*** Opening of Data for this exercise ***

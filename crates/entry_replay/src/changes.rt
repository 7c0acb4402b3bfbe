// What changes of a file.
ghost use Rattle.std.specs.Prelude.{◌≡◌, ◌<◌, length, IfOk, OnErr, OnOk};
ghost use Rattle.file_jobs.specs.Sound.{IsSound, IsSoundFile};
ghost use Rattle.file_jobs.specs.Steps.{file_of};
ghost use Rattle.server_rules.specs.Files.{file_at};
ghost use Rattle.server_rules.specs.Jobs.{fencing};
ghost use Rattle.server_state.specs.FileRequests.{LeavesFile};
ghost use Rattle.server_state.specs.States.{server_of, IsReady};
ghost use Rattle.server_state.specs.Tables.{files_in};
ghost use Rattle.server_entries.specs.Applying.{applied, can_at};
ghost use Rattle.server_entries.specs.Changes.{are_in_zones, can_change, can_stand, changed, is_fencing, is_repairing, IsInside, kept_file};
ghost use Rattle.server_entries.specs.declared.entry.FileChange.TheVariants.{FenceStarted, Fenced, Missing, Present, Repaired};
ghost use Rattle.server_entries.specs.declared.entry.Entry.TheVariants as entry;
ghost use Rattle.entry_replay.specs.Replaying.{Becomes};

use crate::drives::{is_in_zone, is_known};
use crate::in_use::is_free_object;
use crate::numbers::{format_of, is_format};
use data_map::MAX_FILE_SIZE;
use file_jobs::{FileState, lose};
use osd_lists::Memory;
use server_entries::{Applied, FileChange};
use server_rules::{Component, Drive, Grants, Kept, Phase};
use server_state::State;
use std::alloc::Global;

// ---- whether the change may come

// Each component stands, or last stood, on a drive that is in a zone.
fn are_in_zones(drives: &[Drive], components: &[Component]) -> bool
    ensures { result ≡ are_in_zones drives.now components.now }
{
    for at in components {
        if !is_in_zone(at.drive, drives) {
            return false;
        }
    }
    true
}

// A fence is under way.
fn is_fencing(phase: Phase) -> bool
    ensures { result ≡ is_fencing phase }
{
    match phase {
        Phase::Fencing | Phase::FencingAgain => true,
        Phase::Still | Phase::Repairing => false,
    }
}

// A repair follows a fence.
fn is_repairing(phase: Phase) -> bool
    ensures { result ≡ is_repairing phase }
{
    match phase {
        Phase::Repairing => true,
        Phase::Still | Phase::Fencing | Phase::FencingAgain => false,
    }
}

// The component may stand there.
fn can_stand(state: &State, kept: &Kept, component: u32, drive: u32, object: u64) -> bool
    ensures { result ≡ can_stand (server_of state.now) kept.now component drive object }
{
    (component as usize) < kept.components.len()
        && is_known(drive, state.drives.as_slice())
        && is_free_object(state, object)
        && (!kept.zoned || is_in_zone(drive, state.drives.as_slice()))
}

// The change may come to the file.
fn can_change(state: &State, kept: &Kept, change: &FileChange) -> bool
    ensures { result ≡ can_change (server_of state.now) change.now kept.now }
{
    match change {
        FileChange::Size { size } => *size <= MAX_FILE_SIZE,
        FileChange::FenceStarted | FileChange::Ready => true,
        FileChange::Fenced { format, .. } => is_fencing(kept.phase) && is_format(*format),
        FileChange::Repaired => is_repairing(kept.phase),
        FileChange::Missing { component } => (*component as usize) < kept.components.len(),
        FileChange::Present {
            component,
            drive,
            object,
        } => can_stand(state, kept, *component, *drive, *object),
        FileChange::Format { format } => is_format(*format),
        FileChange::Zoned => are_in_zones(state.drives.as_slice(), kept.components.as_slice()),
    }
}

// The change may come.
fn can_come(state: &State, number: u32, change: &FileChange) -> bool
    requires { IsReady state.now }
    ensures { result ≡ can_at (can_change (server_of state.now) change.now) (file_at (files_in state.now.files.entries) number) }
{
    match state.files.get(&number) {
        Some(file) => can_change(state, &file.kept, change),
        None => false,
    }
}

// ---- the change comes

// The phase of a file whose fence starts.
fn fencing(phase: Phase) -> Phase
    ensures { result ≡ fencing phase }
{
    match phase {
        Phase::Still | Phase::Fencing => Phase::Fencing,
        Phase::Repairing | Phase::FencingAgain => Phase::FencingAgain,
    }
}

// A fence started, and ended the grants.
fn start_fence(alloc: Global, kept: &mut Kept) -> Result<(), Memory>
    ensures changed { OnOk result (kept.new ≡ changed FenceStarted kept.old) }
    ensures stays { OnErr result (kept.new ≡ kept.old) }
{
    kept.ended.extend_from_slice(kept.grants.as_slice())?;
    kept.grants = Grants::new(alloc);
    kept.phase = fencing(kept.phase);
    Ok(())
}

// The fence is over.
fn end_fence(kept: &mut Kept, tag: u32, format: u8)
    ensures { kept.new ≡ changed (Fenced tag format) kept.old }
{
    kept.tag = tag;
    kept.format = format;
    kept.phase = Phase::Repairing;
}

// The repair is over.
fn end_repair(alloc: Global, kept: &mut Kept)
    ensures { kept.new ≡ changed Repaired kept.old }
{
    kept.ended = Grants::new(alloc);
    kept.phase = Phase::Still;
}

// A component is missing.
fn lose_component(alloc: Global, kept: &mut Kept, component: u32) -> Result<(), Memory>
    requires { IsSound kept.old }
    ensures changed { OnOk result (kept.new ≡ changed (Missing component) kept.old) }
    ensures stays { OnErr result (kept.new ≡ kept.old) }
{
    kept.components = lose(alloc, kept.components.as_slice(), component)?;
    Ok(())
}

// A component stands there.
fn put_component(kept: &mut Kept, component: u32, drive: u32, object: u64)
    requires { component < length kept.old.components }
    ensures { kept.new ≡ changed (Present component drive object) kept.old }
{
    let at = Component {
        drive,
        object,
        missing: false,
    };
    *kept.components.get_mut(component as usize) = at;
}

// The change comes.
fn change_kept(alloc: Global, kept: &mut Kept, change: &FileChange) -> Result<(), Memory>
    requires sound { IsSound kept.old }
    requires inside { IsInside change.now kept.old }
    ensures changed { OnOk result (kept.new ≡ changed change.now kept.old) }
    ensures stays { OnErr result (kept.new ≡ kept.old) }
{
    match change {
        FileChange::Size { size } => {
            kept.size = *size;
            Ok(())
        }
        FileChange::FenceStarted => start_fence(alloc, kept),
        FileChange::Fenced { tag, format } => {
            end_fence(kept, *tag, format_of(*format));
            Ok(())
        }
        FileChange::Repaired => {
            end_repair(alloc, kept);
            Ok(())
        }
        FileChange::Missing { component } => lose_component(alloc, kept, *component),
        FileChange::Present {
            component,
            drive,
            object,
        } => {
            put_component(kept, *component, *drive, *object);
            Ok(())
        }
        FileChange::Ready => {
            kept.ready = true;
            Ok(())
        }
        FileChange::Format { format } => {
            kept.format = format_of(*format);
            Ok(())
        }
        FileChange::Zoned => {
            kept.zoned = true;
            Ok(())
        }
    }
}

// The change comes, and no job is left.
fn change_file(alloc: Global, file: &mut FileState, change: &FileChange) -> Result<(), Memory>
    requires sound { IsSoundFile file.old }
    requires inside { IsInside change.now file.old.kept }
    ensures changed { OnOk result (file_of file.new ≡ kept_file (changed change.now file.old.kept)) }
    ensures leaves { LeavesFile file.old file.new }
{
    change_kept(alloc, &mut file.kept, change)?;
    file.spent = false;
    file.job = None;
    Ok(())
}

pub(crate) fn apply_change(
    alloc: Global,
    state: &mut State,
    number: u32,
    change: &FileChange,
) -> Result<Applied, Memory>
    requires ready { IsReady state.old }
    ensures applied { IfOk result (Becomes state.old state.new
        (applied (server_of state.old) (entry.Change number change.now))) }
    ensures ready { IsReady state.new }
{
    if !can_come(state, number, change) {
        return Ok(Applied::Unmade);
    }
    match state.files.get_mut(&number) {
        Some(file) => {
            change_file(alloc, file, change)?;
            Ok(Applied::Done)
        }
        None => Ok(Applied::Unmade),
    }
}
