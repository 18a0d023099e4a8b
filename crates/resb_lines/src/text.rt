//! The text of a bundle, a block at a time: a list of what is still to be written, the innermost
//! last.
//! What a line is made of is written by `resb_print`, and by the form in `form`.
ghost use Rattle.std.specs.Prelude.{◌≡◌, ◌++◌, ◌∷◌, [], OnOk, IfOk, drop, nat_lt};
ghost use Rattle.std.specs.String.{string_bytes};
ghost use Rattle.hex.specs.Hex.{encode_lower};
ghost use Rattle.resb_print.specs.Inner.Appends.{Appends};
ghost use Rattle.resb_shown.specs.Shown.{numbers_in, text_in};
ghost use Rattle.resb_tree.specs.Tree.{array, table};
ghost use Rattle.resb_print.specs.Printed.{alias_on, printed_bundle, string_on};
ghost use Rattle.resb_lines.specs.Lines as lines;
ghost use Rattle.resb_lines.specs.Lines.{IsTextWithin};
ghost use Rattle.resb_lines.specs.Inner.Jobs.{jobs_in, job_of, all_on, turns_of, DoesJob};
ghost use Rattle.resb_lines.specs.Inner.Jobs.{value_job, entries_job, members_job, numbers_job};
ghost use Rattle.resb_lines.specs.Inner.Jobs.{entry_job, member_job, head_job, digits_job};
ghost use Rattle.resb_lines.specs.Inner.Jobs.{comma_on};

use crate::form::Form;
use crate::room::has_room;
use crate::task::Task;
use resb_print::{Place, deeper, push_end, push_integer, push_line, push_number, push_root_type};
use resb_shown::{BLOCK_LEN, Blocks, Node, Shown};
use std::alloc::{AllocError, Global};

/// How many bytes of a binary are written at once.
const DIGITS_AT_ONCE: usize = 1024;

/// Writes a comma, if something stands before it.
fn push_comma(out: &mut String, is_behind: bool) -> Result<(), AllocError>
    ensures { OnOk result (Appends out.old out.new (comma_on is_behind)) }
{
    if is_behind { out.push_str(",") } else { Ok(()) }
}

/// Writes bytes as hex digits.
fn push_digits(alloc: Global, out: &mut String, bytes: &[u8]) -> Result<(), AllocError>
    ensures { OnOk result (Appends out.old out.new (λ rest. encode_lower bytes.now ++ rest)) }
{
    let digits = hex::encode(alloc, bytes)?;
    out.push_str(digits.as_str())
}

/// A text that is still to be written.
#[derive(Drop)]
pub(crate) struct LinesText<'s, F: Copy, S: Copy, M: Drop, E: Drop> {
    form: F,
    pending: Vec<Task<'s, S, M, E>>,
    /// The lines that are made, which go into a block at once.
    line: String,
    /// Room for the text of a string that stands nowhere as it is.
    room: String,
}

*** Close of Data for this exercise ***

- _What is needed_:
Looking at the entries above, can you reproduce exactly the lines from the one that holds "usize) = at;" through the one that holds "IsInside change.now kept.old", and only those?

- _Task solution_:
    *kept.components.get_mut(component as usize) = at;
}

// The change comes.
fn change_kept(alloc: Global, kept: &mut Kept, change: &FileChange) -> Result<(), Memory>
    requires sound { IsSound kept.old }
    requires inside { IsInside change.now kept.old }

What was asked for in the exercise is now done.